*INSTRUCTIONS TO FOLLOW*.
In the records below, find every line that contains "BadWords" and list it.

╭─ DATASET CONTENT

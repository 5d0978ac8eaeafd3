//! What a monitor answers that is asked strictly.

ghost use Rattle.std.specs.Prelude.{◌≡◌, false, IfOk, List, None, option_map};
ghost use Rattle.std.specs.String.{string_bytes};
ghost use Rattle.ioa_value.specs.Actions.{Act};
ghost use Rattle.ioa_compile.specs.Programs.{Prog};
ghost use Rattle.ioa_system.specs.Outcomes.{ending_of};
ghost use Rattle.ioa_watch.specs.Names.{names_of};
ghost use Rattle.ioa_watch.specs.Watchers.{HasHeard, refused_by};
ghost use Rattle.ioa_serving.specs.Json.{verdict_line};
ghost use Rattle.ioa_serving.specs.Strict.{StrictAnswer, answer_on, has_named, strict_json, strict_line, strict_of, strict_status, table_verdict};
ghost use Rattle.ioa_serving.specs.Strict as spec;

use crate::json::{answer_object, verdict_object};
use crate::status::Status;
use ioa_system::End;
use ioa_value::OutOfMemory;
use ioa_watch::Watcher;
use std::alloc::Global;
use std::fmt::Write;

/// Whether a specification accepts actions, of which it is to take one, and to pass over none that has a name of its own.
#[derive(Clone, Copy, Debug, PartialEq, Eq)]
pub enum Verdict {
    /// It accepts them, and took one.
    Accepted,
    /// It refuses one, as a monitor does: with its index, from 0.
    Refused(End),
    /// The action of this index, from 0, has a name of its own, and none of its components has the action.
    PassedOver(usize),
    /// None of them has a name of its own.
    NothingTaken,
}

/// What a specification answers that has heard actions.
pub fn verdict_of(watcher: &Watcher<'_>) -> Verdict
    ensures { (p : Prog) (acts : List Act) → HasHeard p acts watcher.now → strict_of result ≡ table_verdict p acts }
{
    verdict_on(took_some(watcher), watcher.refusal())
}

/// Whether a specification that refused nothing took something: not all that it heard is of other names.
fn took_some(watcher: &Watcher<'_>) -> bool
    ensures { (p : Prog) (acts : List Act) → HasHeard p acts watcher.now → refused_by p acts ≡ None → result ≡ has_named (names_of p.members) acts }
{
    let others = watcher.others();
    let heard = watcher.heard() as u64;
    !(others == heard)
}

/// By whether it took an action, and by why it refuses one, if it does.
fn verdict_on(taken: bool, refusal: Option<End>) -> Verdict
    ensures { strict_of result ≡ answer_on taken (option_map ending_of refusal) }
{
    match refusal {
        None => untaken_unless(taken),
        Some(End::NotAnAction(index)) => Verdict::PassedOver(index),
        Some(End::Done(count)) => Verdict::Refused(End::Done(count)),
        Some(End::NotEnabled(index)) => Verdict::Refused(End::NotEnabled(index)),
        Some(End::Fault(component, fault, index)) => {
            Verdict::Refused(End::Fault(component, fault, index))
        }
    }
}

/// Where none is refused.
fn untaken_unless(taken: bool) -> Verdict
    ensures { strict_of result ≡ spec.untaken_unless taken }
{
    if taken {
        Verdict::Accepted
    } else {
        Verdict::NothingTaken
    }
}

/// A line with the answer, as a JSON object or not.
pub fn verdict_text(alloc: Global, json: bool, verdict: Verdict) -> Result<String, OutOfMemory>
    ensures { IfOk result (λ text. string_bytes text ≡ strict_line json (strict_of verdict)) }
{
    if json {
        return strict_object(alloc, verdict);
    }
    strict_words(alloc, verdict)
}

/// A line with the answer in words.
fn strict_words(alloc: Global, verdict: Verdict) -> Result<String, OutOfMemory>
    ensures { IfOk result (λ text. string_bytes text ≡ strict_line false (strict_of verdict)) }
{
    let mut text = String::new(alloc);
    match verdict {
        Verdict::Accepted => writeln!(text, "monitor: ok")?,
        Verdict::Refused(end) => writeln!(text, "monitor: {end}")?,
        Verdict::PassedOver(index) => writeln!(text, "monitor: passed over at {index}")?,
        Verdict::NothingTaken => writeln!(text, "monitor: nothing taken")?,
    }
    Ok(text)
}

/// A line with the answer as an object.
fn strict_object(alloc: Global, verdict: Verdict) -> Result<String, OutOfMemory>
    ensures { IfOk result (λ text. string_bytes text ≡ verdict_line (strict_json (strict_of verdict))) }
{
    match verdict {
        Verdict::Accepted => answer_object(alloc, None),
        Verdict::Refused(end) => answer_object(alloc, Some(end)),
        Verdict::PassedOver(index) => passed_object(alloc, index),
        Verdict::NothingTaken => verdict_object(alloc, "\"nothing taken\""),
    }
}

/// That the action of this index is passed over, as an object.
fn passed_object(alloc: Global, index: usize) -> Result<String, OutOfMemory>
    ensures { IfOk result (λ text. string_bytes text ≡ verdict_line (strict_json (StrictAnswer.passed_over index))) }
{
    let mut text = String::new(alloc);
    writeln!(text, "{{\"verdict\":\"passed over\",\"index\":{index}}}")?;
    Ok(text)
}

/// The exit status of a monitor that answers so.
pub fn status_of_verdict(verdict: Verdict) -> Status
    ensures { result ≡ strict_status (strict_of verdict) }
{
    match verdict {
        Verdict::Accepted => Status::Done,
        Verdict::Refused(_) | Verdict::PassedOver(_) | Verdict::NothingTaken => {
            Status::NotAccepted
        }
    }
}
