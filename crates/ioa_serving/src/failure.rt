//! Failures of requests, of whatever crate, with their codes, texts and statuses.

ghost use Rattle.std.specs.Prelude.{◌≡◌};
ghost use Rattle.ioa_serving.specs.FailureCodes as codes;
ghost use Rattle.ioa_serving.specs.Statuses as statuses;

use crate::object_failure::{ObjectDetails, object_code, object_status};
use crate::refusal::{Details, refusal_code, refusal_status};
use crate::status::Status;
use crate::store::StoreErr;
use ioa_device::LogErr;
use ioa_object::ObjErr;
use ioa_request::Code;
use ioa_run::RunErr;
use ioa_syntax::Refusal;
use std::alloc::{AllocError, AllocFailed};
use std::fmt;

/// Why the program did not do what was asked. It is printed by its code and details.
#[derive(Drop)]
pub enum Failure {
    /// The source or its composition is refused.
    Refused(Refusal),
    /// The object is refused.
    Object(ObjErr),
    /// The file is an object, and has to be a source.
    SourceWanted,
    /// The list or the log is refused, or a device failed, also where there is none.
    List(LogErr),
    /// The composition has internal or hidden actions, and is no monitor.
    SpecHasInternal,
    /// This line of a file of words is no list of words. Lines count from 1.
    BadWords(usize),
    /// A run was asked for with too many turns.
    TooManyTurns,
    /// The action of this number, from 0, is the first of a run's script that is no input.
    BadInput(usize),
    /// A thread was refused to a run.
    Threads,
    /// The entry of this number, from 0, is the first of the log from which a run was to go on that is not the run's; or so many entries are, and
    /// the log's end has another count.
    BadLog(usize),
    /// The log from which a run was to go on ends by a fault.
    EndedByFault,
    /// The file from which a run was to go on holds no log.
    RunLog(LogErr),
    /// A file was not read or not written.
    Io,
    /// A growth of memory was refused.
    OutOfMemory,
}

impl Failure {
    ghost use Rattle.std.specs.Prelude.{◌≡◌};
    ghost use Rattle.ioa_serving.specs.FailureCodes.{failure_code};
    ghost use Rattle.ioa_serving.specs.Statuses.{failure_status};

    /// The code.
    pub fn code(&self) -> Code
        ensures { result ≡ failure_code self.now }
    {
        match self {
            Failure::Refused(refusal) => refusal_code(refusal),
            Failure::Object(error) => object_code(*error),
            Failure::SourceWanted => Code::Object,
            Failure::List(error) | Failure::RunLog(error) => log_code(*error),
            Failure::SpecHasInternal => Code::L7,
            Failure::BadWords(_) => Code::Words,
            Failure::TooManyTurns => Code::N1,
            Failure::BadInput(_) => Code::N2,
            Failure::Threads => Code::N3,
            Failure::BadLog(_) => Code::N4,
            Failure::EndedByFault => Code::N5,
            Failure::Io => Code::Io,
            Failure::OutOfMemory => Code::Memory,
        }
    }

    /// The exit status.
    pub fn status(&self) -> Status
        ensures { result ≡ failure_status self.now }
    {
        match self {
            Failure::Refused(refusal) => refusal_status(refusal),
            Failure::Object(error) => object_status(*error),
            Failure::List(error) | Failure::RunLog(error) => log_status(*error),
            Failure::SpecHasInternal
            | Failure::BadInput(_)
            | Failure::BadLog(_)
            | Failure::EndedByFault => Status::NotAccepted,
            Failure::SourceWanted | Failure::BadWords(_) | Failure::TooManyTurns => {
                Status::BadCommandLine
            }
            Failure::Threads | Failure::Io | Failure::OutOfMemory => Status::Unable,
        }
    }
}

/// The code of a list or a log that is refused.
fn log_code(error: LogErr) -> Code
    ensures { result ≡ codes.log_code error }
{
    match error {
        LogErr::NotJson(_) => Code::L1,
        LogErr::BadEntry(_) => Code::L2,
        LogErr::WrongOwner(_) => Code::L3,
        LogErr::Diverges(_) => Code::L4,
        LogErr::NoEnd => Code::L5,
        LogErr::AfterEnd => Code::L6,
        LogErr::Io => Code::L8,
        LogErr::OutOfMemory => Code::Memory,
    }
}

/// The exit status of a list or a log that is refused.
fn log_status(error: LogErr) -> Status
    ensures { result ≡ statuses.log_status error }
{
    match error {
        LogErr::NotJson(_)
        | LogErr::BadEntry(_)
        | LogErr::WrongOwner(_)
        | LogErr::Diverges(_)
        | LogErr::NoEnd
        | LogErr::AfterEnd => Status::NotAccepted,
        LogErr::Io | LogErr::OutOfMemory => Status::Unable,
    }
}

impl fmt::Display for Failure {
    ghost use Rattle.std.specs.Prelude.{Some};
    ghost use Rattle.ioa_serving.specs.Printed.{failure_text};

    ghost output = { λ failure. Some (failure_text failure) };

    fn fmt<W: fmt::Write>(&self, f: &mut fmt::Formatter<W>) -> fmt::Result {
        let code = self.code();
        match self {
            Failure::Refused(refusal) => {
                let details = Details(refusal);
                write!(f, "{code}{details}")
            }
            Failure::Object(error) => {
                let details = ObjectDetails(*error);
                write!(f, "{code}{details}")
            }
            Failure::List(
                LogErr::NotJson(line)
                | LogErr::BadEntry(line)
                | LogErr::WrongOwner(line)
                | LogErr::Diverges(line),
            )
            | Failure::RunLog(
                LogErr::NotJson(line)
                | LogErr::BadEntry(line)
                | LogErr::WrongOwner(line)
                | LogErr::Diverges(line),
            ) => write!(f, "{code} line {line}"),
            Failure::BadWords(line) => write!(f, "{code} line {line}"),
            Failure::BadInput(index) | Failure::BadLog(index) => {
                write!(f, "{code} index {index}")
            }
            Failure::List(LogErr::NoEnd | LogErr::AfterEnd | LogErr::Io | LogErr::OutOfMemory)
            | Failure::RunLog(LogErr::NoEnd | LogErr::AfterEnd | LogErr::Io | LogErr::OutOfMemory)
            | Failure::SourceWanted
            | Failure::SpecHasInternal
            | Failure::TooManyTurns
            | Failure::Threads
            | Failure::EndedByFault
            | Failure::Io
            | Failure::OutOfMemory => write!(f, "{code}"),
        }
    }
}

impl From<StoreErr> for Failure {
    ghost use Rattle.std.specs.Prelude.{◌≡◌};
    ghost use Rattle.ioa_serving.specs.Serving.{failure_of};

    ghost from_gives = { λ r e. e ≡ failure_of r };

    fn from(error: StoreErr) -> Failure {
        match error {
            StoreErr::Io => Failure::Io,
            StoreErr::OutOfMemory => Failure::OutOfMemory,
        }
    }
}

impl From<Refusal> for Failure {
    ghost use Rattle.std.specs.Prelude.{◌≡◌};
    ghost use Rattle.ioa_serving.specs.declared.failure.Failure.TheVariants as failures;

    ghost from_gives = { λ r e. e ≡ failures.Refused r };

    fn from(refusal: Refusal) -> Failure {
        Failure::Refused(refusal)
    }
}

impl From<ObjErr> for Failure {
    ghost use Rattle.std.specs.Prelude.{◌≡◌};
    ghost use Rattle.ioa_serving.specs.declared.failure.Failure.TheVariants as failures;

    ghost from_gives = { λ r e. e ≡ failures.Object r };

    fn from(error: ObjErr) -> Failure {
        Failure::Object(error)
    }
}

impl From<LogErr> for Failure {
    ghost use Rattle.std.specs.Prelude.{◌≡◌};
    ghost use Rattle.ioa_serving.specs.declared.failure.Failure.TheVariants as failures;

    ghost from_gives = { λ r e. e ≡ failures.List r };

    fn from(error: LogErr) -> Failure {
        Failure::List(error)
    }
}

impl From<RunErr> for Failure {
    ghost use Rattle.std.specs.Prelude.{◌≡◌};
    ghost use Rattle.ioa_serving.specs.Serving.{run_failure};

    ghost from_gives = { λ r e. e ≡ run_failure r };

    fn from(error: RunErr) -> Failure {
        match error {
            RunErr::TooManyTurns => Failure::TooManyTurns,
            RunErr::BadInput(index) => Failure::BadInput(index),
            RunErr::Threads => Failure::Threads,
            RunErr::BadLog(index) => Failure::BadLog(index),
            RunErr::EndedByFault => Failure::EndedByFault,
            RunErr::OutOfMemory => Failure::OutOfMemory,
        }
    }
}

impl From<ioa_value::OutOfMemory> for Failure {
    ghost use Rattle.std.specs.Prelude.{◌≡◌};
    ghost use Rattle.ioa_serving.specs.declared.failure.Failure.TheVariants as failures;

    ghost from_gives = { λ _ e. e ≡ failures.OutOfMemory };

    fn from(_error: ioa_value::OutOfMemory) -> Failure {
        Failure::OutOfMemory
    }
}

impl From<AllocError> for Failure {
    ghost use Rattle.std.specs.Prelude.{◌≡◌};
    ghost use Rattle.ioa_serving.specs.declared.failure.Failure.TheVariants as failures;

    ghost from_gives = { λ _ e. e ≡ failures.OutOfMemory };

    fn from(_error: AllocError) -> Failure {
        Failure::OutOfMemory
    }
}

impl<T: Drop> From<AllocFailed<T>> for Failure {
    ghost use Rattle.std.specs.Prelude.{◌≡◌};
    ghost use Rattle.ioa_serving.specs.declared.failure.Failure.TheVariants as failures;

    ghost from_gives = { λ _ e. e ≡ failures.OutOfMemory };

    fn from(_error: AllocFailed<T>) -> Failure {
        Failure::OutOfMemory
    }
}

╰─

*COMPLETED TASK*.
    BadWords(usize),
            Failure::BadWords(_) => Code::Words,
            Failure::SourceWanted | Failure::BadWords(_) | Failure::TooManyTurns => {
            Failure::BadWords(line) => write!(f, "{code} line {line}"),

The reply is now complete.